As well as the associated GFF:

InĀ [7]:
functional_gff[0:7]
Out[7]:
seq_id source type start end score strand phase ID Parent ... pfam product product_source regulatory_class smart start_type superfamily tigrfam translation_table used_search_mode
0 nmdc:wfmgan-11-pmh0a992.1_0000001 GeneMark.hmm-2 v1.25_lic CDS 2 127 3.81 + 0 nmdc:wfmgan-11-pmh0a992.1_0000001_2_127 None ... None hypothetical protein Hypo-rule applied None None TTG None None 11 None
1 nmdc:wfmgan-11-pmh0a992.1_0000001 Prodigal v2.6.3_patched CDS 260 1072 41.7 - 0 nmdc:wfmgan-11-pmh0a992.1_0000001_260_1072 None ... PF01636 hypothetical protein Hypo-rule applied None None ATG 56112 None 11 None
2 nmdc:wfmgan-11-pmh0a992.1_0000001 Prodigal v2.6.3_patched CDS 1507 2487 16.8 + 0 nmdc:wfmgan-11-pmh0a992.1_0000001_1507_2487 None ... PF00665,PF09039 putative transposase KO:K07497 None None TTG 46689,53098 None 11 None
3 nmdc:wfmgan-11-pmh0a992.1_0000001 Prodigal v2.6.3_patched CDS 2682 3215 11.2 + 0 nmdc:wfmgan-11-pmh0a992.1_0000001_2682_3215 None ... PF20020 hypothetical protein Hypo-rule applied None None ATG None None 11 None
4 nmdc:wfmgan-11-pmh0a992.1_0000001 Prodigal v2.6.3_patched CDS 3149 3775 36.0 - 0 nmdc:wfmgan-11-pmh0a992.1_0000001_3149_3775 None ... PF00578 peroxiredoxin COG1225 None None GTG 52833 None 11 None
5 nmdc:wfmgan-11-pmh0a992.1_0000001 GeneMark.hmm-2 v1.25_lic CDS 3772 4971 53.53 - 0 nmdc:wfmgan-11-pmh0a992.1_0000001_3772_4971 None ... None hypothetical protein Hypo-rule applied None None ATG None None 11 None
6 nmdc:wfmgan-11-pmh0a992.1_0000001 Prodigal v2.6.3_patched CDS 5079 5828 18.9 - 0 nmdc:wfmgan-11-pmh0a992.1_0000001_5079_5828 None ... None hypothetical protein Hypo-rule applied None None ATG None None 11 None

7 rows Ɨ 41 columns

Collecting hypergeometric statistics

Next, we treat our identified proteins as a 'random sample drawn without replacement' from a larger set of proteins in the protein database, as shown below.

image.png

More specifically, we iterate through the protein report, counting the total number of times each annotation is identified. We also iterate through the functional GFF to count the total number of proteins that COULD have been identified for each annotation. Dictionaries are used to keep track of both of these counts. Then we use scipy's hypergeom function to compute the pvalues, see https://docs.scipy.org/doc/scipy/reference/generated/scipy.stats.hypergeom.html. For each given annotation $\textrm{Ann}$ we find:

  1. $m = $ Number of possible proteins having the annotation $\textrm{Ann}$. This is found in the GFF. Called $n$ by the scipy documentation.

  2. $k = $ Number of unique identified proteins having the annotation $\textrm{Ann}$. This is found in the protein reports. Same $k$ as the scipy documentation.

  3. $M = $ Total number of proteins searched. We find this from the GFF. Same $M$ as the scipy documentation.

  4. $N = $ Total number of unique proteins identified. We find this from the protein reports.

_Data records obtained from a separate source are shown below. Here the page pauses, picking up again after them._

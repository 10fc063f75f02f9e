//! Whole records in bytes.
ghost use Rattle.std.specs.Prelude.{◌≡◌, ◌≤◌, ◌<◌, ◌^◌, length, take, drop, IfSome, IfNone};
ghost use Rattle.rq_disk.specs.Records.{record_size, HasRecord, AreRecords, HoldsRecords, IsTorn};

use byteorder::{BigEndian, ByteOrder};

// The bytes of the record at the front, its length field with them; none where no whole one stands there.
fn size_of_first(bytes: &[u8]) -> Option<usize>
    ensures some { IfSome result (λ size. (size ≡ record_size bytes.now) × HasRecord bytes.now) }
    ensures none { IfNone result (HasRecord bytes.now → ⊥) }
{
    if bytes.len() < 4 {
        return None;
    }
    let size = 4 + BigEndian::read_u32(bytes) as usize;
    if size > bytes.len() {
        return None;
    }
    Some(size)
}

// How many bytes of the record at the front outlive a crash that keeps `torn` of them: at most all but one.
pub(crate) fn torn_size(bytes: &[u8], torn: u64) -> usize
    ensures within { result ≤ length bytes.now }
    ensures is { IsTorn torn result bytes.now }
{
    match size_of_first(bytes) {
        Some(size) => std::cmp::min(torn, size as u64 - 1) as usize,
        None => 0,
    }
}

// Where the first `limit` whole records end, or all that stand at the front, and how many they are.
pub(crate) fn first_records(bytes: &[u8], limit: u64) -> (usize, u64)
    ensures within { result.0 ≤ length bytes.now }
    ensures whole { AreRecords result.1 (take result.0 bytes.now) }
    ensures limit { result.1 ≤ limit }
    ensures last { result.1 < limit → HasRecord (drop result.0 bytes.now) → ⊥ }
{
    let mut end = 0;
    let mut count = 0;
    while count < limit {
        match size_of_first(&bytes[end..]) {
            Some(size) => {
                end += size;
                count += 1;
            }
            None => break,
        }
    }
    (end, count)
}

/// How many whole records stand at the front of the bytes.
pub fn records_in(bytes: &[u8]) -> u64
    ensures holds { HoldsRecords bytes.now result }
    ensures few { result < 2 ^ 62 }
{
    let (_, count) = first_records(bytes, bytes.len() as u64);
    count
}
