//! The calls of a file, as contracts alone see them: they have no bytes.
ghost use Rattle.std.specs.Prelude.{◌≡◌, [], ◌∷◌};
ghost use Rattle.rq_disk.specs.FileCalls.FileCall.{Gave, Denied, Took, Tried, Cut, Uncut, Replaced, Unreplaced, Synced, Missed};

use rq_bytes::GhostList;
use std::marker::Model;
use std::snapshot::Snapshot;

/// A call of a file. It gave or wrote bytes from a place on. Or a read or a write there failed, and the write is noted
/// with what was to be written. Or it was a cut, a replacement or a sync, which was made or failed.
#[derive(Drop)]
pub(crate) enum Note {
    Gave(u64, Snapshot<GhostList<u8>>),
    Denied(u64),
    Took(u64, Snapshot<GhostList<u8>>),
    Tried(u64, Snapshot<GhostList<u8>>),
    Cut(u64),
    Uncut(u64),
    Replaced(Snapshot<GhostList<u8>>),
    Unreplaced(Snapshot<GhostList<u8>>),
    Synced,
    Missed,
}

/// The calls of a file, the newest first, for a type that makes them and notes each.
#[derive(Drop)]
pub struct Calls {
    notes: Snapshot<GhostList<Note>>,
}

impl Model for Calls {
    ghost use Rattle.std.specs.Prelude.{List, map};
    ghost use Rattle.rq_disk.specs.FileCalls.{FileCall};

    ghost Value = { List FileCall };

    ghost use Rattle.rq_disk.specs.Noted.{call_of};

    ghost view = { λ c. map call_of c.notes.value };
}

impl Calls {
    /// No call.
    pub fn none() -> Calls
        ensures { result ≡ [] }
    {
        Calls {
            notes: GhostList::empty(),
        }
    }

    /// It gave these bytes from a place on.
    pub fn gave(&mut self, at: u64, bytes: &[u8])
        ensures { self.new ≡ Gave at bytes.now ∷ self.old }
    {
        GhostList::push(&mut self.notes, &Note::Gave(at, listed(bytes)));
    }

    /// It failed to give the bytes from a place on.
    pub fn denied(&mut self, at: u64)
        ensures { self.new ≡ Denied at ∷ self.old }
    {
        GhostList::push(&mut self.notes, &Note::Denied(at));
    }

    /// It wrote these bytes to a place and what follows it.
    pub fn took(&mut self, at: u64, bytes: &[u8])
        ensures { self.new ≡ Took at bytes.now ∷ self.old }
    {
        GhostList::push(&mut self.notes, &Note::Took(at, listed(bytes)));
    }

    /// It failed to write these bytes there.
    pub fn tried(&mut self, at: u64, bytes: &[u8])
        ensures { self.new ≡ Tried at bytes.now ∷ self.old }
    {
        GhostList::push(&mut self.notes, &Note::Tried(at, listed(bytes)));
    }

    /// It lost what was behind its first `len` bytes.
    pub fn cut(&mut self, len: u64)
        ensures { self.new ≡ Cut len ∷ self.old }
    {
        GhostList::push(&mut self.notes, &Note::Cut(len));
    }

    /// It failed to lose that.
    pub fn uncut(&mut self, len: u64)
        ensures { self.new ≡ Uncut len ∷ self.old }
    {
        GhostList::push(&mut self.notes, &Note::Uncut(len));
    }

    /// Another took its place, which has these bytes alone.
    pub fn replaced(&mut self, bytes: &[u8])
        ensures { self.new ≡ Replaced bytes.now ∷ self.old }
    {
        GhostList::push(&mut self.notes, &Note::Replaced(listed(bytes)));
    }

    /// Another failed to take its place.
    pub fn unreplaced(&mut self, bytes: &[u8])
        ensures { self.new ≡ Unreplaced bytes.now ∷ self.old }
    {
        GhostList::push(&mut self.notes, &Note::Unreplaced(listed(bytes)));
    }

    /// It was synced.
    pub fn synced(&mut self)
        ensures { self.new ≡ Synced ∷ self.old }
    {
        GhostList::push(&mut self.notes, &Note::Synced);
    }

    /// It failed to sync.
    pub fn missed(&mut self)
        ensures { self.new ≡ Missed ∷ self.old }
    {
        GhostList::push(&mut self.notes, &Note::Missed);
    }
}

// These bytes.
fn listed(bytes: &[u8]) -> Snapshot<GhostList<u8>>
    ensures { result.value ≡ bytes.now }
{
    let mut content = GhostList::empty();
    let mut at = bytes.len();
    while at > 0 {
        at -= 1;
        GhostList::push(&mut content, &bytes[at]);
    }
    content
}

Same $N$ as the scipy documentation.

We use these counts to compute the probability of identifying at least $k$ proteins with annotation $\textrm{Ann}$, given that a total of $M$ proteins could be identified. We find this using the survival function of the hypergeometric distribution: hypergeom.sf(k-1, M, m, N). The number k-1 is used since we want the probability of identifying at least $k$ proteins with annotation $\textrm{Ann}$, and the survival function is $1 - \textrm{cdf}$.

The function below takes as input a protein report, a gff dataframe, and one of the possible annotation families outlined in the gff. Common families include: pfam, COG, EC and KO.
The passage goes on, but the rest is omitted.